(Saved data entries)
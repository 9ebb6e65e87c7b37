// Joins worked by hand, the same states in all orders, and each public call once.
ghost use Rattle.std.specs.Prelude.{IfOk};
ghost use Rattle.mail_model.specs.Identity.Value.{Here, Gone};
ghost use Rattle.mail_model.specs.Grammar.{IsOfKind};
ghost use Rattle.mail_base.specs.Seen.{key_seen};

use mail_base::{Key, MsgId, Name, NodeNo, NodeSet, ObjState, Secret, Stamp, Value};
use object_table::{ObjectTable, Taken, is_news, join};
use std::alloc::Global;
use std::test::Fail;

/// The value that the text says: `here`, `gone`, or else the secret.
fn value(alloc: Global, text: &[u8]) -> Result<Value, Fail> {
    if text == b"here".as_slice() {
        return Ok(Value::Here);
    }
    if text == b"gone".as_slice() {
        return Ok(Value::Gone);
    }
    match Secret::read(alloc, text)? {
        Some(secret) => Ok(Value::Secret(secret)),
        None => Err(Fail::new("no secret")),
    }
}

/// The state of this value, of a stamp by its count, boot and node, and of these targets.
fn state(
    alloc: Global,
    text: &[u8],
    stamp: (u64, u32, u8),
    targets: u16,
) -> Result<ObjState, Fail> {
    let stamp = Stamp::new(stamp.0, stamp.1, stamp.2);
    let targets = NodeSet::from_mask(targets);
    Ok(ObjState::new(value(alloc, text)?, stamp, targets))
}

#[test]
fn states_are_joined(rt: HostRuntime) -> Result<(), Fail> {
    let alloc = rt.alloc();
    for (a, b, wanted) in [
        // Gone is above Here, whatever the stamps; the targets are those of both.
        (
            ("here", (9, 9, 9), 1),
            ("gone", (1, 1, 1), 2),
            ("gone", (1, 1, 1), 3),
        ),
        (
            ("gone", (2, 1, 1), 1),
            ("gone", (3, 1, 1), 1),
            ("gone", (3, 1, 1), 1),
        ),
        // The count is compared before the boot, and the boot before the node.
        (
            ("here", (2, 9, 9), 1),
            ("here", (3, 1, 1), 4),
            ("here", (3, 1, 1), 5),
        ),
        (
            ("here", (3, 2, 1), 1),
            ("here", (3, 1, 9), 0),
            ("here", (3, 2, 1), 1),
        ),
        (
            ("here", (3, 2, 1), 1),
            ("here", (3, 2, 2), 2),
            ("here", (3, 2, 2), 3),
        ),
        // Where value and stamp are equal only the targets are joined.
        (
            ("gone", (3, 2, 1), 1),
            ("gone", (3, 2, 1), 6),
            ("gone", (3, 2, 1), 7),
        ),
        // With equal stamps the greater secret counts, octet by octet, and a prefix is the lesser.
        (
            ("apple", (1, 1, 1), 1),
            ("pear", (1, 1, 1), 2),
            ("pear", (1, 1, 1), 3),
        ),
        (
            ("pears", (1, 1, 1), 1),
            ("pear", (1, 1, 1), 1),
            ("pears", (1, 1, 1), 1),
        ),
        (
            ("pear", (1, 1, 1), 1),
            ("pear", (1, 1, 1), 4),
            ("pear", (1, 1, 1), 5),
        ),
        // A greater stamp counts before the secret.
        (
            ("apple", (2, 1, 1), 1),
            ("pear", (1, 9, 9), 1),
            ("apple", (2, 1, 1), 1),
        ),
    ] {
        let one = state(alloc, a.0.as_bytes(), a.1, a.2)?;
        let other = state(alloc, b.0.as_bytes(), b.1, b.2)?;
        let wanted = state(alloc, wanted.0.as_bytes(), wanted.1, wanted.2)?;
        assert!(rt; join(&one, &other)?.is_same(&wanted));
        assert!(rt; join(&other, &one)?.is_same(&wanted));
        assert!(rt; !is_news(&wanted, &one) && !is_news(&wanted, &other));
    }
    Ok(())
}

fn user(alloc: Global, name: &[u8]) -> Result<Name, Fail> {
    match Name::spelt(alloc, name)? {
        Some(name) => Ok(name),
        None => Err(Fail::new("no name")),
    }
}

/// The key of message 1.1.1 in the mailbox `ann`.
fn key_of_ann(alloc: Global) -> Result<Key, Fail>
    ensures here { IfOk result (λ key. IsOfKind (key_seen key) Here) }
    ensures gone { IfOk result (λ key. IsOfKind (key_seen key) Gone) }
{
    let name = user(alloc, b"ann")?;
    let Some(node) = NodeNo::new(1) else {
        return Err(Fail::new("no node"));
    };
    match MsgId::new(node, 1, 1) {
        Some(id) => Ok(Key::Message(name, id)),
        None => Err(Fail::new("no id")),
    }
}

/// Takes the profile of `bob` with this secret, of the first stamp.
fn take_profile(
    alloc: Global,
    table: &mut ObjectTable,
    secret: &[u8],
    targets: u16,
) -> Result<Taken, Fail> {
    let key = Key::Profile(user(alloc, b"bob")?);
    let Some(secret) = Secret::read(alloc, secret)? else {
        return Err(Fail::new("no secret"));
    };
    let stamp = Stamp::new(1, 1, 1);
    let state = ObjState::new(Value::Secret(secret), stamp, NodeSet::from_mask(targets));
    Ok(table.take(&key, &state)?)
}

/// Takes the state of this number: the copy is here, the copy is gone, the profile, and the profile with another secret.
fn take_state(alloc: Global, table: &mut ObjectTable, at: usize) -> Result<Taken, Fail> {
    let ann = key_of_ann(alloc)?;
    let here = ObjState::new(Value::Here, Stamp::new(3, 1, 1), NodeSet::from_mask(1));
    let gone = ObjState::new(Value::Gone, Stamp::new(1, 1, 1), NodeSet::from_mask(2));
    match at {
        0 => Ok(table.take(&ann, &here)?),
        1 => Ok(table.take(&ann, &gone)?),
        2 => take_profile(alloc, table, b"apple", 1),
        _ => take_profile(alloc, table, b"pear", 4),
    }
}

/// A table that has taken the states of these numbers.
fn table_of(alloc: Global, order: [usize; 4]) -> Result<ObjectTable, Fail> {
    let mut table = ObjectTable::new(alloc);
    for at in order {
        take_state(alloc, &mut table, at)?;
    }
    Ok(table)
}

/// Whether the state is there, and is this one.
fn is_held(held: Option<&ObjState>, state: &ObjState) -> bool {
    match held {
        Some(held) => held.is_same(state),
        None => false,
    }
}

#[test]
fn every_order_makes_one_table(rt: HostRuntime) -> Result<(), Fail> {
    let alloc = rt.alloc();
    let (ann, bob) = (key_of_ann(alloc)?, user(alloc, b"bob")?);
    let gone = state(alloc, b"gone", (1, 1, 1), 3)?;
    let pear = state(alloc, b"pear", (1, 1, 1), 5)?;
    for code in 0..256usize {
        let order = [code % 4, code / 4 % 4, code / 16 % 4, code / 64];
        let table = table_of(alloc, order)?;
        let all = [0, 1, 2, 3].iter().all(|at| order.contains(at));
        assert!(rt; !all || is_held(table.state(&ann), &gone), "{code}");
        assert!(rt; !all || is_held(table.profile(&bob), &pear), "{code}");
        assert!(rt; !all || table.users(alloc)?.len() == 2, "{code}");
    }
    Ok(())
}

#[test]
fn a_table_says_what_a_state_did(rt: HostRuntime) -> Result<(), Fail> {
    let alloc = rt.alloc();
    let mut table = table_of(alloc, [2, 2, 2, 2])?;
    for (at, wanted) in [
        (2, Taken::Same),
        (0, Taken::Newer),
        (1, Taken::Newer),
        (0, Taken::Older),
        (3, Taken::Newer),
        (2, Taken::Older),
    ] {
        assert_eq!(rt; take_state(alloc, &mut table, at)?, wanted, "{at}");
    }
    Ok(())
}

◆ WORK INSTRUCTIONS
Your reply should consist of all the records, restated exactly.

◆ SOLUTION TO THIS EXERCISE
repository 9ebb6e65e87c7b37
// Joins worked by hand, the same states in all orders, and each public call once.
ghost use Rattle.std.specs.Prelude.{IfOk};
ghost use Rattle.mail_model.specs.Identity.Value.{Here, Gone};
ghost use Rattle.mail_model.specs.Grammar.{IsOfKind};
ghost use Rattle.mail_base.specs.Seen.{key_seen};

use mail_base::{Key, MsgId, Name, NodeNo, NodeSet, ObjState, Secret, Stamp, Value};
use object_table::{ObjectTable, Taken, is_news, join};
use std::alloc::Global;
use std::test::Fail;

/// The value that the text says: `here`, `gone`, or else the secret.
fn value(alloc: Global, text: &[u8]) -> Result<Value, Fail> {
    if text == b"here".as_slice() {
        return Ok(Value::Here);
    }
    if text == b"gone".as_slice() {
        return Ok(Value::Gone);
    }
    match Secret::read(alloc, text)? {
        Some(secret) => Ok(Value::Secret(secret)),
        None => Err(Fail::new("no secret")),
    }
}

/// The state of this value, of a stamp by its count, boot and node, and of these targets.
fn state(
    alloc: Global,
    text: &[u8],
    stamp: (u64, u32, u8),
    targets: u16,
) -> Result<ObjState, Fail> {
    let stamp = Stamp::new(stamp.0, stamp.1, stamp.2);
    let targets = NodeSet::from_mask(targets);
    Ok(ObjState::new(value(alloc, text)?, stamp, targets))
}

#[test]
fn states_are_joined(rt: HostRuntime) -> Result<(), Fail> {
    let alloc = rt.alloc();
    for (a, b, wanted) in [
        // Gone is above Here, whatever the stamps; the targets are those of both.
        (
            ("here", (9, 9, 9), 1),
            ("gone", (1, 1, 1), 2),
            ("gone", (1, 1, 1), 3),
        ),
        (
            ("gone", (2, 1, 1), 1),
            ("gone", (3, 1, 1), 1),
            ("gone", (3, 1, 1), 1),
        ),
        // The count is compared before the boot, and the boot before the node.
        (
            ("here", (2, 9, 9), 1),
            ("here", (3, 1, 1), 4),
            ("here", (3, 1, 1), 5),
        ),
        (
            ("here", (3, 2, 1), 1),
            ("here", (3, 1, 9), 0),
            ("here", (3, 2, 1), 1),
        ),
        (
            ("here", (3, 2, 1), 1),
            ("here", (3, 2, 2), 2),
            ("here", (3, 2, 2), 3),
        ),
        // Where value and stamp are equal only the targets are joined.
        (
            ("gone", (3, 2, 1), 1),
            ("gone", (3, 2, 1), 6),
            ("gone", (3, 2, 1), 7),
        ),
        // With equal stamps the greater secret counts, octet by octet, and a prefix is the lesser.
        (
            ("apple", (1, 1, 1), 1),
            ("pear", (1, 1, 1), 2),
            ("pear", (1, 1, 1), 3),
        ),
        (
            ("pears", (1, 1, 1), 1),
            ("pear", (1, 1, 1), 1),
            ("pears", (1, 1, 1), 1),
        ),
        (
            ("pear", (1, 1, 1), 1),
            ("pear", (1, 1, 1), 4),
            ("pear", (1, 1, 1), 5),
        ),
        // A greater stamp counts before the secret.
        (
            ("apple", (2, 1, 1), 1),
            ("pear", (1, 9, 9), 1),
            ("apple", (2, 1, 1), 1),
        ),
    ] {
        let one = state(alloc, a.0.as_bytes(), a.1, a.2)?;
        let other = state(alloc, b.0.as_bytes(), b.1, b.2)?;
        let wanted = state(alloc, wanted.0.as_bytes(), wanted.1, wanted.2)?;
        assert!(rt; join(&one, &other)?.is_same(&wanted));
        assert!(rt; join(&other, &one)?.is_same(&wanted));
        assert!(rt; !is_news(&wanted, &one) && !is_news(&wanted, &other));
    }
    Ok(())
}

fn user(alloc: Global, name: &[u8]) -> Result<Name, Fail> {
    match Name::spelt(alloc, name)? {
        Some(name) => Ok(name),
        None => Err(Fail::new("no name")),
    }
}

/// The key of message 1.1.1 in the mailbox `ann`.
fn key_of_ann(alloc: Global) -> Result<Key, Fail>
    ensures here { IfOk result (λ key. IsOfKind (key_seen key) Here) }
    ensures gone { IfOk result (λ key. IsOfKind (key_seen key) Gone) }
{
    let name = user(alloc, b"ann")?;
    let Some(node) = NodeNo::new(1) else {
        return Err(Fail::new("no node"));
    };
    match MsgId::new(node, 1, 1) {
        Some(id) => Ok(Key::Message(name, id)),
        None => Err(Fail::new("no id")),
    }
}

/// Takes the profile of `bob` with this secret, of the first stamp.
fn take_profile(
    alloc: Global,
    table: &mut ObjectTable,
    secret: &[u8],
    targets: u16,
) -> Result<Taken, Fail> {
    let key = Key::Profile(user(alloc, b"bob")?);
    let Some(secret) = Secret::read(alloc, secret)? else {
        return Err(Fail::new("no secret"));
    };
    let stamp = Stamp::new(1, 1, 1);
    let state = ObjState::new(Value::Secret(secret), stamp, NodeSet::from_mask(targets));
    Ok(table.take(&key, &state)?)
}

/// Takes the state of this number: the copy is here, the copy is gone, the profile, and the profile with another secret.
fn take_state(alloc: Global, table: &mut ObjectTable, at: usize) -> Result<Taken, Fail> {
    let ann = key_of_ann(alloc)?;
    let here = ObjState::new(Value::Here, Stamp::new(3, 1, 1), NodeSet::from_mask(1));
    let gone = ObjState::new(Value::Gone, Stamp::new(1, 1, 1), NodeSet::from_mask(2));
    match at {
        0 => Ok(table.take(&ann, &here)?),
        1 => Ok(table.take(&ann, &gone)?),
        2 => take_profile(alloc, table, b"apple", 1),
        _ => take_profile(alloc, table, b"pear", 4),
    }
}

/// A table that has taken the states of these numbers.
fn table_of(alloc: Global, order: [usize; 4]) -> Result<ObjectTable, Fail> {
    let mut table = ObjectTable::new(alloc);
    for at in order {
        take_state(alloc, &mut table, at)?;
    }
    Ok(table)
}

/// Whether the state is there, and is this one.
fn is_held(held: Option<&ObjState>, state: &ObjState) -> bool {
    match held {
        Some(held) => held.is_same(state),
        None => false,
    }
}

#[test]
fn every_order_makes_one_table(rt: HostRuntime) -> Result<(), Fail> {
    let alloc = rt.alloc();
    let (ann, bob) = (key_of_ann(alloc)?, user(alloc, b"bob")?);
    let gone = state(alloc, b"gone", (1, 1, 1), 3)?;
    let pear = state(alloc, b"pear", (1, 1, 1), 5)?;
    for code in 0..256usize {
        let order = [code % 4, code / 4 % 4, code / 16 % 4, code / 64];
        let table = table_of(alloc, order)?;
        let all = [0, 1, 2, 3].iter().all(|at| order.contains(at));
        assert!(rt; !all || is_held(table.state(&ann), &gone), "{code}");
        assert!(rt; !all || is_held(table.profile(&bob), &pear), "{code}");
        assert!(rt; !all || table.users(alloc)?.len() == 2, "{code}");
    }
    Ok(())
}

#[test]
fn a_table_says_what_a_state_did(rt: HostRuntime) -> Result<(), Fail> {
    let alloc = rt.alloc();
    let mut table = table_of(alloc, [2, 2, 2, 2])?;
    for (at, wanted) in [
        (2, Taken::Same),
        (0, Taken::Newer),
        (1, Taken::Newer),
        (0, Taken::Older),
        (3, Taken::Newer),
        (2, Taken::Older),
    ] {
        assert_eq!(rt; take_state(alloc, &mut table, at)?, wanted, "{at}");
    }
    Ok(())
}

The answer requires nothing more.